--- The input Enclosed Below ---

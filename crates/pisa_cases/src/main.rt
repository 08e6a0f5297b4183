//! Whole commands as cases in text files (`docs/cases.md`).
//!
//! Each word names a file of cases. Each case is run over files and streams in memory, each one that
//! fails has a line, and the last line counts them. The status is 0 where there are cases and all pass.
#![tactic(auto)]

mod assembling;
mod bytes;
mod case;
mod ending;
mod fault;
mod reader;
mod tally;

use crate::fault::LineFault;
use crate::reader::{Reader, Told};
use crate::tally::Tally;
use std::alloc::Global;
use std::process::ExitCode;
use std::{env, fs, io};

/// Prints a line where a case failed or was refused.
fn tell(
    rt: &impl Print,
    file: &str,
    number: usize,
    case: &str,
    told: &Result<Told, LineFault>,
) -> io::Result<()> {
    match told {
        Ok(Told::Failed(difference)) => println!(rt; "{file}:{number}: {case}: {difference}"),
        Ok(Told::NotEnded(name)) => {
            let name = name.as_str();
            println!(rt; "{file}:{number}: {name}: the case has no end")
        }
        Err(LineFault::Outside) => println!(rt; "{file}:{number}: {}", LineFault::Outside),
        Err(fault) => println!(rt; "{file}:{number}: {case}: {fault}"),
        Ok(Told::Nothing) | Ok(Told::Passed) => Ok(()),
    }
}

/// Runs the cases of a text.
fn run_text(
    rt: &impl Print,
    alloc: Global,
    file: &str,
    text: &str,
    tally: &mut Tally,
) -> io::Result<()> {
    let mut reader = Reader::new(alloc);
    let mut last = 0;
    for (index, line) in text.lines().enumerate() {
        let told = reader.line(line);
        tally.count(&told);
        tell(rt, file, index.saturating_add(1), reader.case_name(), &told)?;
        last = index;
    }
    let told = reader.at_end();
    tally.count(&told);
    tell(rt, file, last.saturating_add(1), reader.case_name(), &told)
}

fn main(rt: HostRuntime) -> io::Result<ExitCode> {
    let mut tally = Tally::default();
    for file in env::args(&rt)?.skip(1) {
        let text = fs::read_to_string(&rt, file.as_str())?;
        run_text(&rt, rt.alloc(), file.as_str(), text.as_str(), &mut tally)?;
    }
    let Tally { cases, failed } = tally;
    println!(rt; "{cases} cases, {failed} failed")?;
    Ok(if tally.is_good() {
        ExitCode::SUCCESS
    } else {
        ExitCode::FAILURE
    })
}
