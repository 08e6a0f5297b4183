//! Why a line of a file of cases is refused.
use ss_base::OutOfMemory;
use std::alloc::{AllocError, AllocFailed};
use thiserror::Error;

/// Why a line is refused.
#[derive(Debug, Drop, Error)]
pub enum LineFault {
    /// The line begins with no word of the format.
    #[error("no line begins so")]
    Word,
    /// It belongs into a case.
    #[error("this stands outside of a case")]
    Outside,
    /// It belongs between cases.
    #[error("this stands inside a case")]
    Inside,
    /// A line of bytes stands where no bytes are listed.
    #[error("no bytes are listed here")]
    NoBlock,
    /// A number is wanted.
    #[error("this is no number")]
    Number,
    /// Pairs of hexadecimal digits are wanted.
    #[error("these are no bytes")]
    Hex,
    /// The place is not among the bytes that are listed so far.
    #[error("there is no such place")]
    Place,
    /// No bytes of that name were defined.
    #[error("nothing of that name is defined")]
    Undefined,
    /// The bytes so far are no source of an object.
    #[error("the source is refused")]
    Source,
    /// The case says nothing of its ending.
    #[error("the case expects no ending")]
    NoEnding,
    /// The case says nothing of its output.
    #[error("the case expects no output")]
    NoOutput,
    /// The case says nothing of its report.
    #[error("the case expects no report")]
    NoReport,
    /// Memory ran out.
    #[error("memory ran out")]
    OutOfMemory,
}

impl From<AllocError> for LineFault {
    fn from(_error: AllocError) -> LineFault {
        LineFault::OutOfMemory
    }
}

impl<T: Drop> From<AllocFailed<T>> for LineFault {
    fn from(_error: AllocFailed<T>) -> LineFault {
        LineFault::OutOfMemory
    }
}

impl From<OutOfMemory> for LineFault {
    fn from(_error: OutOfMemory) -> LineFault {
        LineFault::OutOfMemory
    }
}
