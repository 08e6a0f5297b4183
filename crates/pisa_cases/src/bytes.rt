//! The lines that list bytes.
ghost use Rattle.std.specs.Prelude.{◌≡◌, OnErr};

use crate::assembling::assemble;
use crate::fault::LineFault;
use ss_base::{MemShelf, push_decimal, push_hex};
use std::alloc::Global;

/// A line's first word, and what follows the blank behind it.
pub fn cut(line: &str) -> (&str, &str) {
    match line.split_once(' ') {
        Some((word, rest)) => (word, rest),
        None => (line, ""),
    }
}

/// The number that decimal digits form.
pub fn number(text: &str) -> Result<u64, LineFault> {
    text.parse::<u64>().map_err(|_| LineFault::Number)
}

/// The value of a hexadecimal digit.
fn digit(byte: u8) -> Option<u8> {
    match byte {
        b'0'..=b'9' => Some(byte - b'0'),
        b'a'..=b'f' => Some(byte - b'a' + 10),
        _ => None,
    }
}

/// Adds the bytes that pairs of digits stand for; blanks are passed over.
fn push_pairs(bytes: &mut Vec<u8>, text: &str) -> Result<(), LineFault> {
    let mut first = None;
    for byte in text.as_bytes() {
        if *byte == b' ' {
            continue;
        }
        let Some(low) = digit(*byte) else {
            return Err(LineFault::Hex);
        };
        match first {
            None => first = Some(low),
            Some(high) => {
                bytes.push((high & 15) << 4 | low & 15)?;
                first = None;
            }
        }
    }
    if first.is_some() {
        return Err(LineFault::Hex);
    }
    Ok(())
}

/// Adds the bytes that were defined under a name.
fn push_defined(bytes: &mut Vec<u8>, name: &str, defined: &MemShelf) -> Result<(), LineFault> {
    let Some(held) = defined.bytes(name) else {
        return Err(LineFault::Undefined);
    };
    bytes.extend_from_slice(held)?;
    Ok(())
}

/// Adds a text and the newline behind it.
fn push_line(bytes: &mut Vec<u8>, text: &str) -> Result<(), LineFault> {
    bytes.extend_from_slice(text.as_bytes())?;
    bytes.push(b'\n')?;
    Ok(())
}

/// Adds what a line with this mark lists.
fn push_marked(
    bytes: &mut Vec<u8>,
    mark: &str,
    rest: &str,
    defined: &MemShelf,
) -> Result<(), LineFault> {
    match mark {
        "|" => push_line(bytes, rest),
        "+" => Ok(bytes.extend_from_slice(rest.as_bytes())?),
        "=" => push_pairs(bytes, rest),
        "&" => push_defined(bytes, rest, defined),
        _ => Err(LineFault::Word),
    }
}

/// Adds a unit so often.
fn push_copies(bytes: &mut Vec<u8>, unit: &[u8], count: u64) -> Result<(), LineFault> {
    for _ in 0..count {
        bytes.extend_from_slice(unit)?;
    }
    Ok(())
}

/// Adds what a line lists so often as the number in front of it says.
fn push_repeated(
    alloc: Global,
    bytes: &mut Vec<u8>,
    rest: &str,
    defined: &MemShelf,
) -> Result<(), LineFault> {
    let (count, line) = cut(rest);
    let (mark, rest) = cut(line);
    let mut unit = Vec::new(alloc);
    push_marked(&mut unit, mark, rest, defined)?;
    push_copies(bytes, &unit, number(count)?)
}

/// Adds a line that begins with an address.
fn push_addressed(bytes: &mut Vec<u8>, pc: u32, text: &str) -> Result<(), LineFault> {
    push_hex(bytes, pc)?;
    bytes.push(b' ')?;
    push_line(bytes, text)
}

/// Adds a line that begins with a number, where there is one, and an address.
fn push_numbered(
    bytes: &mut Vec<u8>,
    icnt: Option<u64>,
    pc: u32,
    text: &str,
) -> Result<(), LineFault> {
    if let Some(icnt) = icnt {
        push_decimal(bytes, icnt)?;
        bytes.push(b' ')?;
    }
    push_addressed(bytes, pc, text)
}

/// The number that decimal digits form, none for a hyphen.
fn number_or_none(text: &str) -> Result<Option<u64>, LineFault> {
    if text == "-" {
        return Ok(None);
    }
    Ok(Some(number(text)?))
}

/// The number that hexadecimal digits form.
fn address(text: &str) -> Result<u32, LineFault> {
    u32::from_str_radix(text, 16).map_err(|_| LineFault::Number)
}

/// Adds so many lines for instructions that follow each other.
fn push_lines(
    bytes: &mut Vec<u8>,
    count: u64,
    first: Option<u64>,
    start: u32,
    text: &str,
) -> Result<(), LineFault> {
    let mut icnt = first;
    let mut pc = start;
    for _ in 0..count {
        push_numbered(bytes, icnt, pc, text)?;
        icnt = icnt.map(|number| number.saturating_add(1));
        pc = pc.wrapping_add(8);
    }
    Ok(())
}

/// Adds so many lines for instructions that follow each other, as a line says.
fn push_instructions(bytes: &mut Vec<u8>, rest: &str) -> Result<(), LineFault> {
    let (count, rest) = cut(rest);
    let (icnt, rest) = cut(rest);
    let (pc, text) = cut(rest);
    push_lines(
        bytes,
        number(count)?,
        number_or_none(icnt)?,
        address(pc)?,
        text,
    )
}

/// Keeps only the first bytes.
fn keep(bytes: &mut Vec<u8>, rest: &str) -> Result<(), LineFault> {
    let count = number(rest)?;
    if count > bytes.len() as u64 {
        return Err(LineFault::Place);
    }
    bytes.truncate(count as usize);
    Ok(())
}

/// Puts bytes in the place of those that stand from a place on.
fn put(bytes: &mut Vec<u8>, place: u64, new: &[u8]) -> Result<(), LineFault> {
    for (index, byte) in new.iter().enumerate() {
        let Some(slot) = bytes.get_mut((place as usize).saturating_add(index)) else {
            return Err(LineFault::Place);
        };
        *slot = *byte;
    }
    Ok(())
}

/// Changes bytes that were listed before.
fn patch(alloc: Global, bytes: &mut Vec<u8>, rest: &str) -> Result<(), LineFault> {
    let (place, digits) = cut(rest);
    let mut new = Vec::new(alloc);
    push_pairs(&mut new, digits)?;
    put(bytes, number(place)?, &new)
}

/// Whether a line that begins with this word lists bytes, or changes those that were listed.
pub fn is_listing(word: &str) -> bool {
    matches!(
        word,
        "|" | "+" | "=" | "&" | "*" | "@" | "!" | "front" | "assemble"
    )
}

/// Does what a line says that lists or changes bytes.
pub fn list(
    alloc: Global,
    bytes: &mut Vec<u8>,
    word: &str,
    rest: &str,
    defined: &MemShelf,
) -> Result<(), LineFault> {
    match word {
        "*" => push_repeated(alloc, bytes, rest, defined),
        "@" => push_instructions(bytes, rest),
        "!" => patch(alloc, bytes, rest),
        "front" => keep(bytes, rest),
        "assemble" => assemble(alloc, bytes),
        _ => push_marked(bytes, word, rest, defined),
    }
}
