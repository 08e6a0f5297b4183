//! The words for how a command ended.
use crate::fault::LineFault;
use sim_main::Ending;
use sim_safe::{RunEnd, push_end};
use std::alloc::Global;

/// The words of a run that stopped.
fn stop_words(alloc: Global, end: RunEnd, pc: u32, icnt: u64) -> Result<String, LineFault> {
    let mut bytes = Vec::new(alloc);
    push_end(&mut bytes, end, pc, icnt)?;
    Ok(String::from_utf8_lossy(alloc, &bytes)?)
}

/// The words of an ending that is that of no run.
fn other_words(alloc: Global, ending: &Ending) -> Result<String, LineFault> {
    let words = match ending {
        Ending::Words { at, why } => format!(in alloc; "words {at} {why:?}"),
        Ending::Object { at, why } => format!(in alloc; "object {at} {why:?}"),
        Ending::Trace { at, why } => format!(in alloc; "trace {at} {why:?}"),
        Ending::Point { at, why } => format!(in alloc; "point {at} {why:?}"),
        Ending::Text { line, why } => format!(in alloc; "text {line} {why:?}"),
        Ending::TooLong { name } => format!(in alloc; "too-long {}", name.as_str()),
        Ending::NotBuilt { what } => format!(in alloc; "not-built {what:?}"),
        Ending::Made => String::from_str(alloc, "made"),
        Ending::ShelfFault => String::from_str(alloc, "shelf-fault"),
        Ending::SinkFault => String::from_str(alloc, "sink-fault"),
        _ => String::from_str(alloc, "out-of-memory"),
    };
    Ok(words?)
}

/// The words for how a command ended: those of a run's end, else the ending's name and its fields.
pub fn ending_words(alloc: Global, ending: &Ending) -> Result<String, LineFault> {
    match ending {
        Ending::Exited { code } => Ok(format!(in alloc; "exited {code}")?),
        Ending::Budget => Ok(String::from_str(alloc, "budget")?),
        Ending::Stopped { cause, pc, icnt } => {
            stop_words(alloc, RunEnd::Stop(*cause), *pc, *icnt)
        }
        _ => other_words(alloc, ending),
    }
}
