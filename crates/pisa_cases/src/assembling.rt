//! Objects of the sources that a case has.
use crate::fault::LineFault;
use sim_main::{Ending, simulate};
use ss_base::{MemShelf, MemSink};
use std::alloc::{AllocError, Global};

/// The words of a command over fixed names.
fn asm_words(alloc: Global) -> Result<Vec<String>, AllocError> {
    let mut words = Vec::new(alloc);
    for word in ["asm", "source", "object"] {
        words.push(String::from_str(alloc, word)?)?;
    }
    Ok(words)
}

/// Performs them over a shelf, and tells whether an object was made.
fn is_made(alloc: Global, words: &[String], shelf: &mut MemShelf) -> bool {
    let mut prog = MemSink::new(alloc);
    let mut stat = MemSink::new(alloc);
    let ending = simulate(alloc, words, shelf, &mut prog, &mut stat);
    matches!(ending, Ending::Made)
}

/// Puts the object of a source in the source's place.
pub fn assemble(alloc: Global, bytes: &mut Vec<u8>) -> Result<(), LineFault> {
    let mut shelf = MemShelf::new(alloc);
    shelf.add("source", bytes)?;
    if !is_made(alloc, &asm_words(alloc)?, &mut shelf) {
        return Err(LineFault::Source);
    }
    bytes.clear();
    if let Some(object) = shelf.bytes("object") {
        bytes.extend_from_slice(object)?;
    }
    Ok(())
}
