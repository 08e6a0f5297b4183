//! A case: a command with its files, and what must come of it.
ghost use Rattle.std.specs.Prelude.{◌≡◌, ◌↔◌, All, IsNone, IsTrue, None, Ok, string_bytes};
ghost use Rattle.pisa_cases.specs.Expected.{Agrees, IsSame};

use crate::ending::ending_words;
use crate::fault::LineFault;
use sim_main::simulate;
use ss_base::{Bytes, MemShelf, MemSink, Name, Shelf, Sink};
use std::alloc::{AllocError, Global};
use std::fmt;

/// How a command must end: with this status, and these words for its ending.
#[derive(Drop)]
pub struct ExpectedEnding {
    pub status: u8,
    pub words: Name,
}

/// What a case must come to, where it says so.
#[derive(Drop)]
pub struct Expected {
    pub ending: Option<ExpectedEnding>,
    pub output: Option<Bytes>,
    pub report: Option<Bytes>,
}

/// A case, as far as it was read.
#[derive(Drop)]
pub struct Case {
    pub name: String,
    pub words: Vec<String>,
    /// The files, which commands change.
    pub shelf: MemShelf,
    /// The files that must be held, and the names of all that were listed.
    pub held: MemShelf,
    pub names: Vec<String>,
    pub prog: MemSink,
    pub stat: MemSink,
    pub expected: Expected,
}

/// How what a command came to differs from what its case expects.
#[derive(Debug, Drop)]
pub enum Difference {
    /// It ended otherwise: with this status, and these words.
    Ending { status: u8, words: String },
    /// Other bytes are on standard output.
    Output { at: usize },
    /// Other bytes are on standard error.
    Report { at: usize },
    /// The file of this name is another one, or is there or not.
    File { name: String },
}

impl fmt::Display for Difference {
    fn fmt<W: fmt::Write>(&self, f: &mut fmt::Formatter<W>) -> fmt::Result {
        match self {
            Difference::Ending { status, words } => {
                let words = words.as_str();
                write!(f, "it ended with {status} {words}")
            }
            Difference::Output { at } => write!(f, "the output differs at byte {at}"),
            Difference::Report { at } => write!(f, "the report differs at byte {at}"),
            Difference::File { name } => {
                let name = name.as_str();
                write!(f, "the file {name} differs")
            }
        }
    }
}

impl Expected {
    /// Nothing is expected yet.
    fn new() -> Expected {
        Expected {
            ending: None,
            output: None,
            report: None,
        }
    }
}

impl Case {
    /// A case that gives and expects nothing yet.
    pub fn new(alloc: Global, name: String) -> Case {
        Case {
            name,
            words: Vec::new(alloc),
            shelf: MemShelf::new(alloc),
            held: MemShelf::new(alloc),
            names: Vec::new(alloc),
            prog: MemSink::new(alloc),
            stat: MemSink::new(alloc),
            expected: Expected::new(),
        }
    }

    /// Goes on to a further command over the files that the one before left.
    pub fn go_on(&mut self, alloc: Global) {
        self.words = Vec::new(alloc);
        self.prog = MemSink::new(alloc);
        self.stat = MemSink::new(alloc);
        self.expected = Expected::new();
    }
}

/// The first place at which bytes differ, none where they are the same.
fn first_difference(found: &[u8], wanted: &[u8]) -> Option<usize>
    ensures { IsNone result ↔ (found.now ≡ wanted.now) }
{
    if found == wanted {
        return None;
    }
    Some(
        found
            .iter()
            .zip(wanted)
            .take_while(|(one, other)| **one == **other)
            .count(),
    )
}

/// How an ending differs.
fn ending_difference(
    status: u8,
    words: String,
    wanted_status: u8,
    wanted_words: &str,
) -> Option<Difference>
    ensures { IsNone result ↔ ((status ≡ wanted_status) × (string_bytes words ≡ wanted_words.now)) }
{
    if status == wanted_status && words.as_str() == wanted_words {
        return None;
    }
    Some(Difference::Ending { status, words })
}

/// How what the streams got differs, the output first.
fn stream_difference(
    output: &[u8],
    report: &[u8],
    wanted_output: &[u8],
    wanted_report: &[u8],
) -> Option<Difference>
    ensures { IsNone result ↔ ((output.now ≡ wanted_output.now) × (report.now ≡ wanted_report.now)) }
{
    if let Some(at) = first_difference(output, wanted_output) {
        return Some(Difference::Output { at });
    }
    match first_difference(report, wanted_report) {
        Some(at) => Some(Difference::Report { at }),
        None => None,
    }
}

/// Whether a file is held as it must be.
fn is_held(shelf: &MemShelf, held: &MemShelf, name: &str) -> bool
    ensures { IsTrue result → IsSame (⟦<MemShelf as Shelf>⟧.files shelf.now) (⟦<MemShelf as Shelf>⟧.files held.now) name.now }
{
    match (shelf.bytes(name), held.bytes(name)) {
        (Some(found), Some(wanted)) => found == wanted,
        (None, None) => true,
        (Some(_), None) | (None, Some(_)) => false,
    }
}

/// Whether all these files are held as they must be.
fn are_held(shelf: &MemShelf, held: &MemShelf, names: &[String]) -> bool
    ensures { IsTrue result → All (λ name. IsSame (⟦<MemShelf as Shelf>⟧.files shelf.now) (⟦<MemShelf as Shelf>⟧.files held.now) (string_bytes name)) names.now }
{
    for name in names {
        if !is_held(shelf, held, name.as_str()) {
            return false;
        }
    }
    true
}

/// The name of the first file that isn't held as it must be.
fn first_other(
    alloc: Global,
    shelf: &MemShelf,
    held: &MemShelf,
    names: &[String],
) -> Result<String, AllocError> {
    for name in names {
        if !is_held(shelf, held, name.as_str()) {
            return String::from_str(alloc, name.as_str());
        }
    }
    Ok(String::new(alloc))
}

/// How the files that are held differ from those that must be.
fn file_difference(
    alloc: Global,
    shelf: &MemShelf,
    held: &MemShelf,
    names: &[String],
) -> Result<Option<Difference>, LineFault>
    ensures { result ≡ Ok None → All (λ name. IsSame (⟦<MemShelf as Shelf>⟧.files shelf.now) (⟦<MemShelf as Shelf>⟧.files held.now) (string_bytes name)) names.now }
{
    if are_held(shelf, held, names) {
        return Ok(None);
    }
    let name = first_other(alloc, shelf, held, names)?;
    Ok(Some(Difference::File { name }))
}

/// Performs a case, as far as it was read, and tells how what comes of it differs from what it expects.
pub fn perform(alloc: Global, case: &mut Case) -> Result<Option<Difference>, LineFault> {
    let ending = simulate(
        alloc,
        &case.words,
        &mut case.shelf,
        &mut case.prog,
        &mut case.stat,
    );
    let words = ending_words(alloc, &ending)?;
    judge(alloc, case, ending.status(), words)
}

/// Compares an ending, and what the streams got, with what a case expects.
fn judge_streams(
    expected: &Expected,
    status: u8,
    words: String,
    output: &[u8],
    report: &[u8],
) -> Result<Option<Difference>, LineFault>
    ensures { result ≡ Ok None → Agrees expected.now status (string_bytes words) output.now report.now }
{
    let Some(ending) = &expected.ending else {
        return Err(LineFault::NoEnding);
    };
    let Some(wanted_output) = &expected.output else {
        return Err(LineFault::NoOutput);
    };
    let Some(wanted_report) = &expected.report else {
        return Err(LineFault::NoReport);
    };
    if let Some(found) = ending_difference(status, words, ending.status, ending.words.as_str()) {
        return Ok(Some(found));
    }
    Ok(stream_difference(
        output,
        report,
        wanted_output.as_slice(),
        wanted_report.as_slice(),
    ))
}

/// Compares an ending, and what is held after it, with what a case expects.
fn judge(
    alloc: Global,
    case: &Case,
    status: u8,
    words: String,
) -> Result<Option<Difference>, LineFault>
    ensures agrees { result ≡ Ok None → Agrees case.now.expected status (string_bytes words) (⟦<MemSink as Sink>⟧.contents case.now.prog) (⟦<MemSink as Sink>⟧.contents case.now.stat) }
    ensures files { result ≡ Ok None → All (λ name. IsSame (⟦<MemShelf as Shelf>⟧.files case.now.shelf) (⟦<MemShelf as Shelf>⟧.files case.now.held) (string_bytes name)) case.now.names.items }
{
    let (output, report) = (case.prog.bytes(), case.stat.bytes());
    match judge_streams(&case.expected, status, words, output, report) {
        Ok(Some(found)) => Ok(Some(found)),
        Ok(None) => file_difference(alloc, &case.shelf, &case.held, &case.names),
        Err(fault) => Err(fault),
    }
}
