//! How many cases were run, and how many of them failed.
ghost use Rattle.std.specs.Prelude.{◌≡◌, ◌↔◌, ◌<◌, IsTrue};
ghost use Rattle.pisa_cases.specs.Counted.{Counted};

use crate::fault::LineFault;
use crate::reader::Told;

/// How many cases are over, and how many of them failed. Both stand still at the end of their type.
#[derive(Clone, Copy, Debug, Default)]
pub struct Tally {
    pub cases: u64,
    pub failed: u64,
}

impl Tally {
    /// Counts what a line came to.
    pub fn count(&mut self, told: &Result<Told, LineFault>)
        ensures { Counted told.now self.old self.new }
    {
        match told {
            Ok(Told::Nothing) => {}
            Ok(Told::Passed) => self.cases = self.cases.saturating_add(1),
            Ok(Told::Failed(_)) | Ok(Told::NotEnded(_)) | Err(_) => {
                self.cases = self.cases.saturating_add(1);
                self.failed = self.failed.saturating_add(1);
            }
        }
    }

    /// Whether there were cases, and none of them failed.
    pub fn is_good(&self) -> bool
        ensures { IsTrue result ↔ ((0 < self.now.cases) × (self.now.failed ≡ 0)) }
    {
        self.cases > 0 && self.failed == 0
    }
}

--- End of Enclosed The input ---

§ **Task item**: Which lines of the records above contain the word "IsTrue"? Show each of them.

§ **Exercise response**:
ghost use Rattle.std.specs.Prelude.{◌≡◌, ◌↔◌, All, IsNone, IsTrue, None, Ok, string_bytes};
    ensures { IsTrue result → IsSame (⟦<MemShelf as Shelf>⟧.files shelf.now) (⟦<MemShelf as Shelf>⟧.files held.now) name.now }
    ensures { IsTrue result → All (λ name. IsSame (⟦<MemShelf as Shelf>⟧.files shelf.now) (⟦<MemShelf as Shelf>⟧.files held.now) (string_bytes name)) names.now }
ghost use Rattle.std.specs.Prelude.{◌≡◌, ◌↔◌, ◌<◌, IsTrue};
        ensures { IsTrue result ↔ ((0 < self.now.cases) × (self.now.failed ≡ 0)) }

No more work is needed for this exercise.